Re: Lack of bit field instructions in x86 instruction set because of patents ?



In article <0%avl.14800$D32.8889@xxxxxxxxxxxxxxxxxxxx>,
Stephen Sprunk <stephen@xxxxxxxxxx> wrote:

Absolutely NOT! You do not get genuine reliability by complexity;
you get it in by designing the system to (a) not have certain classes
of errors in the first place, (b) being able to detect all errors of
certain other classes and having a reliable recovery method and, most
interestingly, (c) by ensuring that other errors are self-correcting.
And, lastly, by being able to prove (or at least provide very strong
evidence for) the claim that ALL failures (andticipated and otherwise)
fall into one of those classes.

Most large systems I'm familiar with do _not_ follow this model. They
started with a naive design and, as each error is discovered, they hack
on the code to deal with it -- introducing multiple new errors, so the
complexity grows exponentially.

I didn't say they did - I said that it is the way to get genuine
reliability! If you deduce from that I am saying that most large
systems do not provide genuine reliability, you understand my point
perfectly ....

Any system for which "failure must be impossible" falls into this
category in my experience -- and they always eventually collapse
horribly under their own weight.

Indeed. Which is precisely why the approach I described is the only
practicable way of delivering that target.

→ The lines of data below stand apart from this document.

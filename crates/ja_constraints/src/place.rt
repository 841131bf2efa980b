ghost use Rattle.std.specs.Prelude.{◌≡◌, slice_get};
ghost use Rattle.std.specs.Option.{option_copied};
ghost use Rattle.ja_constraints.specs.Places as places;
ghost use Rattle.ja_ir.specs.Whole.{IsWhole};
ghost use Rattle.ja_cells.specs.Names.{row_at};

use ja_cells::{Names, cell_in};
use ja_ir::{CallOp, Instr, Method, Program, arguments};
use ja_network::Cell;

/// The method of a number, if there is one.
pub fn method_of(p: &Program, m: u32) -> Option<&Method>
    ensures found { option_copied result ≡ slice_get p.now.methods m }
    ensures whole { IsWhole p.now }
{
    p.methods().as_slice().get(m as usize)
}

/// The instruction of a method at an index, if there is one.
pub fn instr_of(method: &Method, i: u32) -> Option<&Instr>
    ensures { option_copied result ≡ slice_get method.now.code i }
{
    method.code.as_slice().get(i as usize)
}

/// The cells of the slots before an instruction.
pub fn row_at(names: &Names, m: u32, i: u32) -> &[Cell]
    ensures { result.now ≡ row_at names.now m i }
{
    match names.as_slice().get(m as usize) {
        Some(rows) => match rows.as_slice().get(i as usize) {
            Some(row) => row.as_slice(),
            None => &[],
        },
        None => &[],
    }
}

/// The cell of the topmost value of so many on the stack, over so many locals.
pub fn top_cell(row: &[Cell], locals: u32, height: u32) -> Cell
    ensures { result ≡ places.top_cell row.now locals height }
{
    if height == 0 {
        return Cell::Nothing;
    }
    cell_in(row, locals as u64 + (height as u64 - 1))
}

/// The cell of an argument of a call, before which so many values are on the stack.
pub fn argument_cell(row: &[Cell], locals: u32, height: u32, call: &CallOp, k: u32) -> Cell
    ensures { result ≡ places.argument_cell row.now locals height call.now k }
{
    let under = (height as u64).saturating_sub(arguments(call));
    cell_in(row, locals as u64 + (under + k as u64))
}
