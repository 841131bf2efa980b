ghost use Rattle.std.specs.Prelude.{◌≡◌, ◌<◌, length, replicate, IfOk};
ghost use Rattle.ja_kinds.specs.declared.state.State.TheVariants.{Unreached};
ghost use Rattle.ja_pool.specs.Table.{Table};
ghost use Rattle.ja_code.specs.declared.code.Code.{Code};
ghost use Rattle.ja_kinds.specs.Effect.{IsOneOf};
ghost use Rattle.ja_kinds.specs.Solution.{IsLeast};
ghost use Rattle.ja_kinds.specs.InnerSolving.{state_at, AreWide, AreApart, AreClean, Spreads, Visits, Sweeps, AreOnTheWay};

use crate::entry::entry_state;
use crate::frame::Frame;
use crate::reading::effect_of;
use crate::solve::{is_covered, outcome_at, raise, raise_after, raise_handlers};
use crate::state::State;
use ja_base::Memory;
use ja_code::{Code, RawInstr};
use ja_pool::Pool;
use std::alloc::Global;

/// Hands on what an instruction hands on, and says whether what is known changes.
fn spread(
    alloc: Global,
    pool: &Pool,
    code: &Code,
    frame: &Frame,
    instr: &RawInstr,
    states: &mut [State],
    dirty: &mut [bool],
) -> Result<bool, Memory>
    requires states { AreWide frame.now.max_locals states.old }
    requires dirty { length dirty.old ≡ length states.old }
    requires size { length states.old ≡ frame.now.size }
    ensures { IfOk result (Spreads pool.now code.now frame.now instr.now states.old states.new dirty.old dirty.new) }
{
    let Some(behaviour) = instr.opcode.behaviour() else {
        return Ok(false);
    };
    let found = effect_of(alloc, pool, instr, behaviour)?;
    let Some(effect) = found else {
        return Ok(false);
    };
    let rows = code.handlers.as_slice();
    let covered = is_covered(rows, instr.pc);
    let outcome = outcome_at(alloc, frame, &effect, covered, states, instr.pc)?;
    let most = frame.max_locals;
    let went_on = raise_after(alloc, most, states, dirty, instr, behaviour, &outcome.after)?;
    if !covered {
        return Ok(went_on);
    }
    let threw = raise_handlers(alloc, most, states, dirty, rows, instr.pc, &outcome.thrown)?;
    Ok(went_on | threw)
}

/// Unmarks an instruction, and hands on what it hands on, if it is marked.
fn visit(
    alloc: Global,
    pool: &Pool,
    code: &Code,
    frame: &Frame,
    instr: &RawInstr,
    states: &mut [State],
    dirty: &mut [bool],
) -> Result<bool, Memory>
    requires states { AreWide frame.now.max_locals states.old }
    requires dirty { length dirty.old ≡ length states.old }
    requires size { length states.old ≡ frame.now.size }
    requires apart { AreApart code.now.instrs }
    requires member { IsOneOf instr.now code.now.instrs }
    requires clean { AreClean pool.now code.now frame.now states.old dirty.old }
    ensures { IfOk result (Visits pool.now code.now frame.now instr.now states.old states.new dirty.old dirty.new) }
{
    let pc = instr.pc as usize;
    if pc >= dirty.len() {
        return Ok(false);
    }
    if !dirty[pc] {
        return Ok(false);
    }
    dirty[pc] = false;
    spread(alloc, pool, code, frame, instr, states, dirty)
}

/// Visits each instruction in pc order, and says whether what is known changes.
fn sweep(
    alloc: Global,
    pool: &Pool,
    code: &Code,
    frame: &Frame,
    states: &mut [State],
    dirty: &mut [bool],
) -> Result<bool, Memory>
    requires states { AreWide frame.now.max_locals states.old }
    requires dirty { length dirty.old ≡ length states.old }
    requires size { length states.old ≡ frame.now.size }
    requires apart { AreApart code.now.instrs }
    requires clean { AreClean pool.now code.now frame.now states.old dirty.old }
    ensures { IfOk result (Sweeps pool.now code.now frame.now code.now.instrs states.old states.new dirty.old dirty.new) }
{
    let mut changed = false;
    for instr in code.instrs.as_slice() {
        let rose = visit(alloc, pool, code, frame, instr, states, dirty)?;
        changed |= rose;
    }
    Ok(changed)
}

/// A list of places that nothing leads to.
fn unreached(alloc: Global, size: u32) -> Result<Vec<State>, Memory>
    ensures { IfOk result (λ states. states.items ≡ replicate size Unreached) }
{
    let mut states = Vec::new(alloc);
    for _ in 0..size {
        states.push(State::Unreached)?;
    }
    Ok(states)
}

/// Marks the start of the code, where the entry leads.
fn enter(
    alloc: Global,
    frame: &Frame,
    states: &mut [State],
    dirty: &mut [bool],
) -> Result<bool, Memory>
    requires some { 0 < frame.now.size }
    requires states { states.old ≡ replicate frame.now.size Unreached }
    requires dirty { length dirty.old ≡ length states.old }
    ensures { (pool : Table) (code : Code) → IfOk result (λ _. AreOnTheWay pool code frame.now states.new dirty.new) }
{
    let entry = entry_state(alloc, frame)?;
    raise(alloc, frame.max_locals, states, dirty, 0, &entry)
}

/// Sweeps over the code until nothing changes.
fn settle(
    alloc: Global,
    pool: &Pool,
    code: &Code,
    frame: &Frame,
    states: &mut [State],
    dirty: &mut [bool],
) -> Result<(), Memory>
    requires way { AreOnTheWay pool.now code.now frame.now states.old dirty.old }
    requires apart { AreApart code.now.instrs }
    ensures least { IfOk result (λ _. IsLeast pool.now code.now frame.now (state_at states.new)) }
    ensures size { IfOk result (λ _. length states.new ≡ length states.old) }
{
    let mut changed = true;
    while changed {
        changed = sweep(alloc, pool, code, frame, states, dirty)?;
    }
    Ok(())
}

/// The same from the entry on.
fn fill(
    alloc: Global,
    pool: &Pool,
    code: &Code,
    frame: &Frame,
    states: &mut [State],
    dirty: &mut [bool],
) -> Result<(), Memory>
    requires some { 0 < frame.now.size }
    requires apart { AreApart code.now.instrs }
    requires states { states.old ≡ replicate frame.now.size Unreached }
    requires dirty { length dirty.old ≡ length states.old }
    ensures least { IfOk result (λ _. IsLeast pool.now code.now frame.now (state_at states.new)) }
    ensures size { IfOk result (λ _. length states.new ≡ frame.now.size) }
{
    let _entered = enter(alloc, frame, states, dirty)?;
    settle(alloc, pool, code, frame, states, dirty)
}

/// What is known at each place of the code: the least solution.
pub(crate) fn solve(
    alloc: Global,
    pool: &Pool,
    code: &Code,
    frame: &Frame,
) -> Result<Vec<State>, Memory>
    requires some { 0 < frame.now.size }
    requires apart { AreApart code.now.instrs }
    ensures { IfOk result (λ states. IsLeast pool.now code.now frame.now (state_at states.items)) }
{
    let mut states = unreached(alloc, frame.size)?;
    let mut dirty = vec![in alloc; false; frame.size as usize]?;
    fill(
        alloc,
        pool,
        code,
        frame,
        states.as_mut_slice(),
        dirty.as_mut_slice(),
    )?;
    Ok(states)
}
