ghost use Rattle.std.specs.Prelude.{◌≡◌, [], ◌∷◌, replicate, IfOk, Some};
ghost use Rattle.ja_base.specs.declared.java_type.Kind.TheVariants.{P1, R};
ghost use Rattle.ja_kinds.specs.declared.effect.Effect.TheVariants.{Exchanges};
ghost use Rattle.ja_kinds.specs.Effect.{fixed_effect, loaded_effect, field_effect, receiver_of, method_effect, kinds_of, kinds_in, place_of};
ghost use Rattle.ja_kinds.specs.InnerReading.{part_of, Finds};
ghost use Rattle.ja_kinds.specs.declared.reading.Part.TheVariants.{Constant, Field, Method};

use crate::effect::Effect;
use crate::pool_kinds::{MethodKinds, constant_kind, field_kind, method_kinds, tag_named};
use crate::stack::joined;
use crate::state::KindList;
use crate::step::list_of;
use ja_base::{Kind, Memory};
use ja_code::{Behaviour, FieldAccess, Invocation, Operands, RawInstr, Source};
use ja_pool::Pool;
use std::alloc::Global;

/// What of the constant pool an effect depends on.
#[derive(Clone, Copy, PartialEq, Eq)]
pub(crate) enum Part {
    Nothing,
    Constant,
    Field,
    Method,
}

/// Values of some kinds for values of others.
fn exchange(alloc: Global, taken: &[Kind], pushed: &[Kind]) -> Result<Option<Effect>, Memory>
    ensures { IfOk result (λ found. found ≡ Some (Exchanges taken.now pushed.now)) }
{
    let taken = KindList::from_vec(Vec::from_slice(alloc, taken)?);
    let pushed = KindList::from_vec(Vec::from_slice(alloc, pushed)?);
    Ok(Some(Effect::Exchanges { taken, pushed }))
}

/// Values of the kinds of operands for values of others.
fn compute(alloc: Global, operands: Operands, pushed: &[Kind]) -> Result<Option<Effect>, Memory>
    ensures { IfOk result (λ found. found ≡ Some (Exchanges (kinds_of operands) pushed.now)) }
{
    match operands {
        Operands::One(kind) => exchange(alloc, &[kind], pushed),
        Operands::Two(lower, upper) => exchange(alloc, &[lower, upper], pushed),
    }
}

/// A number of ints for a reference.
fn exchange_ints(alloc: Global, count: u64) -> Result<Option<Effect>, Memory>
    ensures { IfOk result (λ found. found ≡ Some (Exchanges (replicate count P1) (R ∷ []))) }
{
    let taken = Vec::from_elem(alloc, Kind::P1, count as usize)?;
    exchange(alloc, taken.as_slice(), &[Kind::R])
}

/// The local that an instruction uses.
fn place_of(source: Source, instr: &RawInstr) -> u64
    ensures { result ≡ place_of source instr.now }
{
    match source {
        Source::Operand => instr.operand(0),
        Source::Fixed(place) => u64::from(place),
    }
}

/// The effect of a behaviour where it does not depend on the pool.
fn fixed_effect(
    alloc: Global,
    instr: &RawInstr,
    behaviour: Behaviour,
) -> Result<Option<Effect>, Memory>
    ensures { IfOk result (λ found. found ≡ fixed_effect instr.now behaviour) }
{
    match behaviour {
        Behaviour::Nothing | Behaviour::Jump => exchange(alloc, &[], &[]),
        Behaviour::Constant(kind) => exchange(alloc, &[], &[kind]),
        Behaviour::Load(kind, source) => Ok(Some(Effect::Loads(kind, place_of(source, instr)))),
        Behaviour::Store(kind, source) => Ok(Some(Effect::Stores(kind, place_of(source, instr)))),
        Behaviour::Increment => Ok(Some(Effect::Counts(instr.operand(0)))),
        Behaviour::ArrayLoad(kind) => exchange(alloc, &[Kind::R, Kind::P1], &[kind]),
        Behaviour::ArrayStore(kind) => exchange(alloc, &[Kind::R, Kind::P1, kind], &[]),
        Behaviour::Rearrange(how) => Ok(Some(Effect::Moves(how))),
        Behaviour::Compute {
            operands,
            result: kind,
            throws: _,
        } => compute(alloc, operands, &[kind]),
        Behaviour::Test(operands) => compute(alloc, operands, &[]),
        Behaviour::Switch => exchange(alloc, &[Kind::P1], &[]),
        Behaviour::Return(kind) => Ok(Some(Effect::Leaves(kind))),
        Behaviour::New => exchange(alloc, &[], &[Kind::R]),
        Behaviour::NewArray(_) => exchange(alloc, &[Kind::P1], &[Kind::R]),
        Behaviour::NewArrays => exchange_ints(alloc, instr.operand(1)),
        Behaviour::ArrayLength | Behaviour::InstanceOf => exchange(alloc, &[Kind::R], &[Kind::P1]),
        Behaviour::Throw | Behaviour::Monitor => exchange(alloc, &[Kind::R], &[]),
        Behaviour::Cast => exchange(alloc, &[Kind::R], &[Kind::R]),
        _ => Ok(None),
    }
}

/// The effect of a behaviour that loads a constant of this kind.
fn loaded_effect(alloc: Global, behaviour: Behaviour, kind: Kind) -> Result<Option<Effect>, Memory>
    ensures { IfOk result (λ found. found ≡ loaded_effect behaviour kind) }
{
    match behaviour {
        Behaviour::Loaded => exchange(alloc, &[], &[kind]),
        _ => Ok(None),
    }
}

/// The effect of a behaviour that names a field of this kind.
fn field_effect(alloc: Global, behaviour: Behaviour, kind: Kind) -> Result<Option<Effect>, Memory>
    ensures { IfOk result (λ found. found ≡ field_effect behaviour kind) }
{
    match behaviour {
        Behaviour::Access(FieldAccess::GetStatic) => exchange(alloc, &[], &[kind]),
        Behaviour::Access(FieldAccess::PutStatic) => exchange(alloc, &[kind], &[]),
        Behaviour::Access(FieldAccess::GetField) => exchange(alloc, &[Kind::R], &[kind]),
        Behaviour::Access(FieldAccess::PutField) => exchange(alloc, &[Kind::R, kind], &[]),
        _ => Ok(None),
    }
}

/// The kinds that a call takes below the arguments: that of its receiver, if it has one.
fn receiver_of(how: Invocation) -> &'static [Kind]
    ensures { result.now ≡ receiver_of how }
{
    match how {
        Invocation::Static => &[],
        Invocation::Virtual | Invocation::Special | Invocation::Interface => &[Kind::R],
    }
}

/// The effect of a behaviour that names a method of these kinds.
fn method_effect(
    alloc: Global,
    behaviour: Behaviour,
    kinds: &MethodKinds,
) -> Result<Option<Effect>, Memory>
    ensures { IfOk result (λ found. found ≡ method_effect behaviour kinds.now.taken kinds.now.given) }
{
    let given = list_of(alloc, kinds.given)?;
    match behaviour {
        Behaviour::Invoke(how) => {
            let taken = joined(alloc, receiver_of(how), kinds.taken.as_slice())?;
            exchange(alloc, taken.as_slice(), given.as_slice())
        }
        _ => Ok(None),
    }
}

/// The effect of a behaviour that loads a constant.
fn constant_part(
    alloc: Global,
    pool: &Pool,
    instr: &RawInstr,
    behaviour: Behaviour,
) -> Result<Option<Effect>, Memory>
    requires { part_of behaviour ≡ Constant }
    ensures { IfOk result (Finds pool.now instr.now behaviour) }
{
    match constant_kind(tag_named(pool, instr)) {
        Some(kind) => loaded_effect(alloc, behaviour, kind),
        None => Ok(None),
    }
}

/// The effect of a behaviour that names a field.
fn field_part(
    alloc: Global,
    pool: &Pool,
    instr: &RawInstr,
    behaviour: Behaviour,
) -> Result<Option<Effect>, Memory>
    requires { part_of behaviour ≡ Field }
    ensures { IfOk result (Finds pool.now instr.now behaviour) }
{
    let found = field_kind(alloc, pool, instr)?;
    match found {
        Some(kind) => field_effect(alloc, behaviour, kind),
        None => Ok(None),
    }
}

/// The effect of a behaviour that names a method.
fn method_part(
    alloc: Global,
    pool: &Pool,
    instr: &RawInstr,
    behaviour: Behaviour,
) -> Result<Option<Effect>, Memory>
    requires { part_of behaviour ≡ Method }
    ensures { IfOk result (Finds pool.now instr.now behaviour) }
{
    let found = method_kinds(alloc, pool, instr)?;
    match found {
        Some(kinds) => method_effect(alloc, behaviour, &kinds),
        None => Ok(None),
    }
}

/// What of the pool the effect of a behaviour depends on.
fn part_of(behaviour: Behaviour) -> Part
    ensures { result ≡ part_of behaviour }
{
    match behaviour {
        Behaviour::Loaded => Part::Constant,
        Behaviour::Access(_) => Part::Field,
        Behaviour::Invoke(_) => Part::Method,
        _ => Part::Nothing,
    }
}

/// The effect of an instruction with this behaviour; none where the pool has no such entry as it names.
pub(crate) fn effect_of(
    alloc: Global,
    pool: &Pool,
    instr: &RawInstr,
    behaviour: Behaviour,
) -> Result<Option<Effect>, Memory>
    ensures { IfOk result (Finds pool.now instr.now behaviour) }
{
    match part_of(behaviour) {
        Part::Nothing => fixed_effect(alloc, instr, behaviour),
        Part::Constant => constant_part(alloc, pool, instr, behaviour),
        Part::Field => field_part(alloc, pool, instr, behaviour),
        Part::Method => method_part(alloc, pool, instr, behaviour),
    }
}
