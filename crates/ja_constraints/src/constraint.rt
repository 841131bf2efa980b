ghost use Rattle.std.specs.Prelude.{◌≡◌, ◌++◌, OnOk};
ghost use Rattle.ja_constraints.specs.Links as links;

use ja_base::{Memory, Seq};
use ja_ir::Program;
use ja_network::{Action, Cell, Event};
use ja_tokens::lib_token;

/// What a network is told.
#[derive(Clone, Copy)]
pub enum Constraint {
    /// A cell has a token.
    Has { cell: Cell, token: u32 },
    /// An event happens.
    Happens { event: Event },
}

/// A list of constraints.
pub type Constraints = Seq<Constraint>;

/// Adds that something is done with each token of a cell, unless it never has one.
pub fn add_link(told: &mut Constraints, from: Cell, action: Action) -> Result<(), Memory>
    ensures { OnOk result (told.new ≡ told.old ++ links.link from action) }
{
    match from {
        Cell::Nothing => Ok(()),
        _ => told.push(Constraint::Happens {
            event: Event::Linked { from, action },
        }),
    }
}

/// Adds that the tokens of a cell go to another.
pub fn add_copy(told: &mut Constraints, from: Cell, to: Cell) -> Result<(), Memory>
    ensures { OnOk result (told.new ≡ told.old ++ links.copy from to) }
{
    add_link(told, from, Action::Copy { to })
}

/// Adds that an instruction may run.
pub fn add_reach(told: &mut Constraints, method: u32, index: u32) -> Result<(), Memory>
    ensures { OnOk result (told.new ≡ told.old ++ links.reach method index) }
{
    told.push(Constraint::Happens {
        event: Event::Reached { method, index },
    })
}

/// Adds that a cell has a token.
pub fn add_token(told: &mut Constraints, cell: Cell, token: u32) -> Result<(), Memory>
    ensures { OnOk result (told.new ≡ told.old ++ links.gets cell token) }
{
    told.push(Constraint::Has { cell, token })
}

/// Adds that a library object is thrown by an instruction.
pub fn add_throws_library(
    told: &mut Constraints,
    p: &Program,
    method: u32,
    index: u32,
) -> Result<(), Memory>
    ensures { OnOk result (told.new ≡ told.old ++ links.throws_library p.now method index) }
{
    add_token(told, Cell::Thrown { method, index }, lib_token(p))
}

The only place that the actual programming comes in is in coding up
the design in such a way that you haven't introduced new error modes.

You must work with some amazing programmers if you can say that with a
straight face.

I haven't even heard of it being done very often, I agree :-(

And THAT is where the POSIX/C threading model fails so badly.

Hmm.

Yeah :-(

The Internet works so well in the face of failures because it was
designed with the assumption that failures would be common -- which gave
rise to the mistaken claim that it was designed to survive nuclear
attack. In practice failures are not as common as expected, but they're
common enough to test all the various bits of error-handling code and
expose bugs quickly; in many other systems, the error handling code is
actually the least reliable part because it's never used and thus never
tested (if the error conditions are even known and responses specified).

Sorry, but that's completely wrong. The layers of timeout and retry
are such that certain failure modes are both ubiquitous and largely
unrecognised. Older protocols like FTP were/are notorious, but that
applies even to the TCP layer.

The effect is that those modes cause a mere loss of performance,
wasted bandwidth and failure to diagnose problems correctly, but all
those effects are largely hidden by higher layers and ignorance
about what should happen.

You can take down a small part of the Internet, or degrade a large part,
but so far nobody's ever managed to take down the entire thing
completely and all at once. I'm not even sure it's theoretically
possible; even the worst-case scenarios still have _some_ traffic
getting through.

Not really. There would be still some traffic possible in disconnected
sections of it, but it would cease to be a network. All it needs is
the USA Tier-1 DNS to go AWOL (as has happened with some others) ....

More seriously, most systems that are designed to accept small-scale
failures (ATMs, telephones, most power grids, even the Internet) rely
critically on the Law Of Large Numbers - and will fail catastrophically
when that fails. And it can, where a vast number of local failures
are trigged by a common cause.

Hmmm. The closest we've probably come to that is the periodic
virus/worm epidemics like ILOVEYOU, CodeRed, NIMDA, etc. -- but there
are plenty of folks (like me) who were never affected by them.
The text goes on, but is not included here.